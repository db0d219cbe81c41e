ghost use Rattle.std.specs.Prelude.{◌≡◌, [], false};

use crate::listed::Listed;
use crate::stored_file::StoredFile;
use keep_names::{FileName, Id};
use keep_repo::Mark;
use std::alloc::Global;

/// A mark that a change sets or clears.
#[derive(Clone, Copy, PartialEq, Eq)]
pub struct PackMark {
    pub pack: Id,
    pub mark: Mark,
}

/// What one command does to a repository, and what it relied on.
pub struct Change {
    /// Files to be put where there are none.
    pub adds: Listed<StoredFile>,
    /// Files to be moved away. They have just these bytes.
    pub drops: Listed<StoredFile>,
    /// Marks to be put where there are none.
    pub sets: Listed<PackMark>,
    /// Marks to be taken away. They have just these moments.
    pub clears: Listed<PackMark>,
    /// Files that have to be there.
    pub present: Listed<FileName>,
    /// Files that must not be there.
    pub absent: Listed<FileName>,
    /// Packs that have to be marked.
    pub marked: Listed<Id>,
    /// Packs that must not be marked.
    pub unmarked: Listed<Id>,
    /// Whether it may be committed only where nothing happened since it was planned.
    pub strict: bool,
}

// One call drops it, where each `?` would else drop each part of it, which is long to prove.
impl Drop for Change {
    fn drop(self) {
        let Change {
            adds: _,
            drops: _,
            sets: _,
            clears: _,
            present: _,
            absent: _,
            marked: _,
            unmarked: _,
            strict: _,
        } = self;
    }
}

impl Change {
    /// The change with eight empty lists, to be filled. It isn't strict.
    pub fn new(alloc: Global) -> Change
        ensures { result ≡ record {
          adds = [];
          drops = [];
          sets = [];
          clears = [];
          present = [];
          absent = [];
          marked = [];
          unmarked = [];
          strict = false;
        } }
    {
        Change {
            adds: Listed::new(alloc),
            drops: Listed::new(alloc),
            sets: Listed::new(alloc),
            clears: Listed::new(alloc),
            present: Listed::new(alloc),
            absent: Listed::new(alloc),
            marked: Listed::new(alloc),
            unmarked: Listed::new(alloc),
            strict: false,
        }
    }
}

/// A change, with the length of the history that it was planned on.
#[derive(Drop)]
pub struct Planned {
    pub change: Change,
    pub seen: u64,
}
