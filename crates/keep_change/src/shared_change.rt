ghost use Rattle.std.specs.Prelude.{◌≡◌, IfOk};

use crate::change::Change;
use std::alloc::{AllocError, Global};
use std::marker::Model;
use std::sync::Arc;

/// A change, shared by all that hold it.
#[derive(Drop)]
pub struct SharedChange {
    shared: Arc<Change>,
}

impl Model for SharedChange {
    ghost use Rattle.keep_change.specs.declared.change.Change as the_change;

    ghost Value = { the_change.Change };

    ghost view = { λ s. s.shared.value };
}

impl SharedChange {
    /// Takes the change over, to be shared from now on.
    pub fn new(alloc: Global, change: Change) -> Result<SharedChange, AllocError>
        ensures { IfOk result (λ shared. shared ≡ change) }
    {
        Ok(SharedChange {
            shared: Arc::new(alloc, change)?,
        })
    }

    pub fn as_change(&self) -> &Change
        ensures { result.now ≡ self.now }
    {
        &self.shared
    }
}

/// Another holder of the same change. Nothing of it is copied.
impl Clone for SharedChange {
    ghost is_clone = { λ source made. made ≡ source };

    fn clone(&self) -> Result<SharedChange, AllocError> {
        Ok(SharedChange {
            shared: self.shared.clone()?,
        })
    }
}
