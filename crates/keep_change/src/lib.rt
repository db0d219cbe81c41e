//! Changes of a repository: what they ask of it, what they make of it, and how they are taken back.
#![tactic(auto)]

mod change;
mod change_laws;
mod effect;
mod holder;
mod listed;
mod marks;
mod meets;
mod member;
mod outline;
mod readiness;
mod shared_change;
mod stored_file;
mod touch;
mod turn;
mod well_formedness;

pub use change::{Change, PackMark, Planned};
pub use change_laws::{
    redo_is_exact, results_follow_the_lists, sorted_lists_are_well_formed, taking_back_restores,
    undo_is_exact, what_is_asked_is_met, written_facets_turn,
};
pub use holder::Holder;
pub use listed::Listed;
pub use marks::marks_of;
pub use member::Member;
pub use outline::{Outline, What};
pub use shared_change::SharedChange;
pub use stored_file::StoredFile;
pub use turn::Turn;
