ghost use Rattle.std.specs.Prelude.{◌≡◌, None, Some};
ghost use Rattle.std.specs.List.{list_all};
ghost use Rattle.keep_repo.specs.Facet.{Stored, Marked};
ghost use Rattle.keep_change.specs.Change.{is_ready, holds_same};
ghost use Rattle.keep_change.specs.Halves.{turned};

use crate::change::{Change, PackMark};
use crate::holder::Holder;
use crate::member::Member;
use crate::stored_file::StoredFile;
use crate::turn::Turn;
use keep_repo::Facet;

impl Change {
    /// Whether each facet that the change writes, turned this way, is as it asks. Those that it only looks at aren't
    /// asked. It takes no memory.
    pub fn is_ready<H: Holder>(&self, turn: Turn, holder: &H) -> bool
        ensures { result ≡ is_ready (H.holding holder.now) (turned turn self.now) }
    {
        are_empty(self.coming_files(turn), holder)
            && are_there(self.going_files(turn), holder)
            && are_empty(self.coming_marks(turn), holder)
            && are_set(self.going_marks(turn), holder)
    }
}

/// Whether nothing holds any of the facets.
fn are_empty<M: Member, H: Holder>(members: &[M], holder: &H) -> bool
    ensures { result ≡ list_all (λ member. holds_same (H.holding holder.now (M.facet_of member)) None) members.now }
{
    members
        .iter()
        .all(|member| !holder.is_filled(member.facet()))
}

/// Whether each file is there with just its bytes.
fn are_there<H: Holder>(files: &[StoredFile], holder: &H) -> bool
    ensures { let holding = H.holding holder.now in result ≡ list_all
        (λ file. holds_same (holding (Facet.File file.name)) (Some (Stored file.bytes))) files.now }
{
    files
        .iter()
        .all(|file| holder.has_file(file.name(), file.bytes()))
}

/// Whether each mark is just this one.
fn are_set<H: Holder>(marks: &[PackMark], holder: &H) -> bool
    ensures { let holding = H.holding holder.now in result ≡ list_all
        (λ set. holds_same (holding (Facet.Mark set.pack)) (Some (Marked set.mark))) marks.now }
{
    marks.iter().all(|set| holder.has_mark(set.pack, set.mark))
}
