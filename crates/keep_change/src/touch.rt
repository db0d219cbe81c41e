ghost use Rattle.std.specs.Prelude.{◌≡◌, is_some, length, map, min, nat_le};
ghost use Rattle.std.specs.List.{list_any};
ghost use Rattle.keep_repo.specs.Facet.{Stored, Marked};
ghost use Rattle.keep_change.specs.Change.{holds_same};
ghost use Rattle.keep_change.specs.Form.{ListsInOrder, IsWellFormed};
ghost use Rattle.keep_change.specs.Limits.{facet_limit};
ghost use Rattle.keep_change.specs.Touch.{facets, writes, touches, leans_on, before_of};

use crate::change::Change;
use crate::member::{Member, contains, find};
use keep_names::{FileName, Id};
use keep_repo::{Bytes, Facet, Mark};

/// The most facets that a change may touch.
const MAX_FACETS: usize = 65_536;

impl Change {
    /// Whether the change writes the facet. It takes log n steps for n facets.
    pub fn writes(&self, facet: Facet) -> bool
        requires { ListsInOrder self.now }
        ensures { result ≡ writes self.now facet }
    {
        contains(self.adds.as_slice(), facet)
            || contains(self.drops.as_slice(), facet)
            || contains(self.sets.as_slice(), facet)
            || contains(self.clears.as_slice(), facet)
    }

    /// Whether the facet stands in one of the eight lists. It takes log n steps for n facets.
    pub fn touches(&self, facet: Facet) -> bool
        requires { ListsInOrder self.now }
        ensures { result ≡ touches self.now facet }
    {
        self.writes(facet)
            || contains(self.present.as_slice(), facet)
            || contains(self.absent.as_slice(), facet)
            || contains(self.marked.as_slice(), facet)
            || contains(self.unmarked.as_slice(), facet)
    }

    /// How many facets the change touches, at most `usize::MAX`.
    pub fn facet_count(&self) -> usize
        ensures { result ≡ min (length (facets self.now)) usize.MAX }
    {
        let adds = self.adds.as_slice().len();
        let drops = self.drops.as_slice().len();
        let sets = self.sets.as_slice().len();
        let clears = self.clears.as_slice().len();
        let present = self.present.as_slice().len();
        let absent = self.absent.as_slice().len();
        let marked = self.marked.as_slice().len();
        let unmarked = self.unmarked.as_slice().len();
        let files = adds
            .saturating_add(drops)
            .saturating_add(present)
            .saturating_add(absent);
        let marks = sets
            .saturating_add(clears)
            .saturating_add(marked)
            .saturating_add(unmarked);
        files.saturating_add(marks)
    }

    /// Whether the change touches no more facets than a change may.
    pub fn is_within_limit(&self) -> bool
        ensures { result ≡ nat_le (length (facets self.now)) facet_limit }
    {
        self.facet_count() <= MAX_FACETS
    }

    /// Whether the change touches a facet that the other one writes.
    pub fn leans_on(&self, other: &Change) -> bool
        requires { ListsInOrder self.now }
        ensures { result ≡ leans_on self.now other.now }
    {
        self.touches_some(other.adds.as_slice())
            || self.touches_some(other.drops.as_slice())
            || self.touches_some(other.sets.as_slice())
            || self.touches_some(other.clears.as_slice())
    }

    /// Whether the change drops the file, or clears the mark.
    pub fn empties(&self, facet: Facet) -> bool
        requires { IsWellFormed self.now }
        ensures { result ≡ is_some (before_of self.now facet) }
    {
        contains(self.drops.as_slice(), facet) || contains(self.clears.as_slice(), facet)
    }

    /// Whether the change drops the file of this name with just these bytes.
    pub fn drops_file(&self, name: FileName, bytes: &Bytes) -> bool
        requires { IsWellFormed self.now }
        ensures { result ≡ holds_same (before_of self.now (Facet.File name)) (Some (Stored bytes.now)) }
    {
        match find(self.drops.as_slice(), Facet::File(name)) {
            Some(file) => file.bytes().as_slice() == bytes.as_slice(),
            None => false,
        }
    }

    /// Whether the change clears just this mark of the pack.
    pub fn clears_mark(&self, pack: Id, mark: Mark) -> bool
        requires { IsWellFormed self.now }
        ensures { result ≡ holds_same (before_of self.now (Facet.Mark pack)) (Some (Marked mark)) }
    {
        match find(self.clears.as_slice(), Facet::Mark(pack)) {
            Some(set) => set.mark == mark,
            None => false,
        }
    }

    fn touches_some<M: Member>(&self, members: &[M]) -> bool
        requires { ListsInOrder self.now }
        ensures { result ≡ list_any (touches self.now) (map M.facet_of members.now) }
    {
        for member in members {
            if self.touches(member.facet()) {
                return true;
            }
        }
        false
    }
}
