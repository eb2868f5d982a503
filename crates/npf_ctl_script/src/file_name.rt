// A file's name in quotes.
ghost use Rattle.std.specs.Prelude.{◌≡◌, ◌≤◌, IfOk, List, ℕ, MatchOption};
ghost use Rattle.npf_ctl_script.specs.Arguments.{IsFileName, IsQuoted};

use npf_table::{first_place, trim_end, trim_start};
use npf_types::{List, NoMemory, Text};
use std::alloc::Global;
use std::str;

/// The name of the file, where the text has its quoted name and nothing else.
pub(crate) fn file_name_of(alloc: Global, text: &[u8]) -> Result<Option<Text>, NoMemory>
    ensures { IfOk result (λ answer. MatchOption answer
        ((file : List ℕ) → ¬ IsFileName text.now file) (λ file. IsFileName text.now file)) }
{
    let Some(name) = quoted(trim_end(trim_start(text))) else {
        return Ok(None);
    };
    let file = name.to_vec(alloc)?;
    Ok(Some(List::of_vec(file)))
}

/// What stands between the quotes.
fn quoted(text: &[u8]) -> Option<&[u8]>
    ensures { MatchOption result ((file : List ℕ) → ¬ IsQuoted text.now file) (λ file. IsQuoted text.now file.now) }
{
    if text.len() < 2 || text[0] != b'"' || text[text.len() - 1] != b'"' {
        return None;
    }
    let name = &text[1..text.len() - 1];
    if first_place(name, b'"').is_some() || str::from_utf8(name).is_err() {
        return None;
    }
    Some(name)
}
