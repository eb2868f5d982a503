// The direction that a word says.
ghost use Rattle.std.specs.Prelude.{◌≡◌, ◌≢◌, MatchOption};
ghost use Rattle.npf_types.specs.declared.direction.Dir.{Dir as DirType};
ghost use Rattle.npf_ctl_script.specs.Commands.{direction_text};

use npf_types::Dir;

/// The direction that the word names.
pub(crate) fn direction_of(word: &[u8]) -> Option<Dir>
    ensures { MatchOption result ((dir : DirType) → word.now ≢ direction_text dir) (λ dir. word.now ≡ direction_text dir) }
{
    match word {
        b"in" => Some(Dir::In),
        b"out" => Some(Dir::Out),
        _ => None,
    }
}
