// A moment, in seconds with an optional fraction.
ghost use Rattle.std.specs.Prelude.{◌≡◌, ◌≤◌, ◌<◌, ◌-◌, ◌^◌, IfSome};
ghost use Rattle.npf_types.specs.Reading.{IsReading};
ghost use Rattle.npf_ctl_script.specs.Numbers.{IsFraction, IsPartedSeconds, IsSeconds, IsWholeSeconds};

use crate::number::{numeral_of, short_number_of};
use npf_table::first_place;

/// The digits that a fraction may have: it counts nanoseconds.
const MAX_DIGITS: usize = 9;

const NANOSECONDS_PER_SECOND: u64 = 1_000_000_000;

/// The moment that the word writes, in nanoseconds.
pub(crate) fn seconds_of(word: &[u8]) -> Option<u64>
    ensures { IsReading IsSeconds word.now result }
{
    match first_place(word, b'.') {
        None => whole_seconds(word),
        Some(at) => parted_seconds(&word[..at], &word[at + 1..]),
    }
}

fn whole_seconds(digits: &[u8]) -> Option<u64>
    ensures value { IsReading IsWholeSeconds digits.now result }
    ensures most { IfSome result (λ time. time ≤ 4294967295000000000) }
{
    let Some(seconds) = short_number_of(digits) else {
        return None;
    };
    Some(u64::from(seconds) * NANOSECONDS_PER_SECOND)
}

fn parted_seconds(digits: &[u8], fraction: &[u8]) -> Option<u64>
    ensures { IsReading (IsPartedSeconds digits.now) fraction.now result }
{
    let Some(start) = whole_seconds(digits) else {
        return None;
    };
    let Some(nanoseconds) = fraction_of(fraction) else {
        return None;
    };
    Some(start + nanoseconds)
}

fn fraction_of(digits: &[u8]) -> Option<u64>
    ensures value { IsReading IsFraction digits.now result }
    ensures most { IfSome result (λ nanoseconds. nanoseconds < 1000000000) }
{
    let Some(first) = digits.first() else {
        return None;
    };
    if *first == b'+' || digits.len() > MAX_DIGITS {
        return None;
    }
    let Some(number) = numeral_of(digits) else {
        return None;
    };
    Some(number * scale(digits.len()))
}

/// What a fraction's last digit counts, of so many digits.
fn scale(digits: usize) -> u64
    requires { digits ≤ 9 }
    ensures { result ≡ 10 ^ (9 - digits) }
{
    10u64.pow((MAX_DIGITS - digits) as u32)
}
---------------
PROBLEM TO WORK ON:
Copy the lines above exactly. Start with the line containing "result ≡ writes", end with the line containing "let adds = self.adds.as_slice().len();", and include both.

REPLY:
        ensures { result ≡ writes self.now facet }
    {
        contains(self.adds.as_slice(), facet)
            || contains(self.drops.as_slice(), facet)
            || contains(self.sets.as_slice(), facet)
            || contains(self.clears.as_slice(), facet)
    }

    /// Whether the facet stands in one of the eight lists. It takes log n steps for n facets.
    pub fn touches(&self, facet: Facet) -> bool
        requires { ListsInOrder self.now }
        ensures { result ≡ touches self.now facet }
    {
        self.writes(facet)
            || contains(self.present.as_slice(), facet)
            || contains(self.absent.as_slice(), facet)
            || contains(self.marked.as_slice(), facet)
            || contains(self.unmarked.as_slice(), facet)
    }

    /// How many facets the change touches, at most `usize::MAX`.
    pub fn facet_count(&self) -> usize
        ensures { result ≡ min (length (facets self.now)) usize.MAX }
    {
        let adds = self.adds.as_slice().len();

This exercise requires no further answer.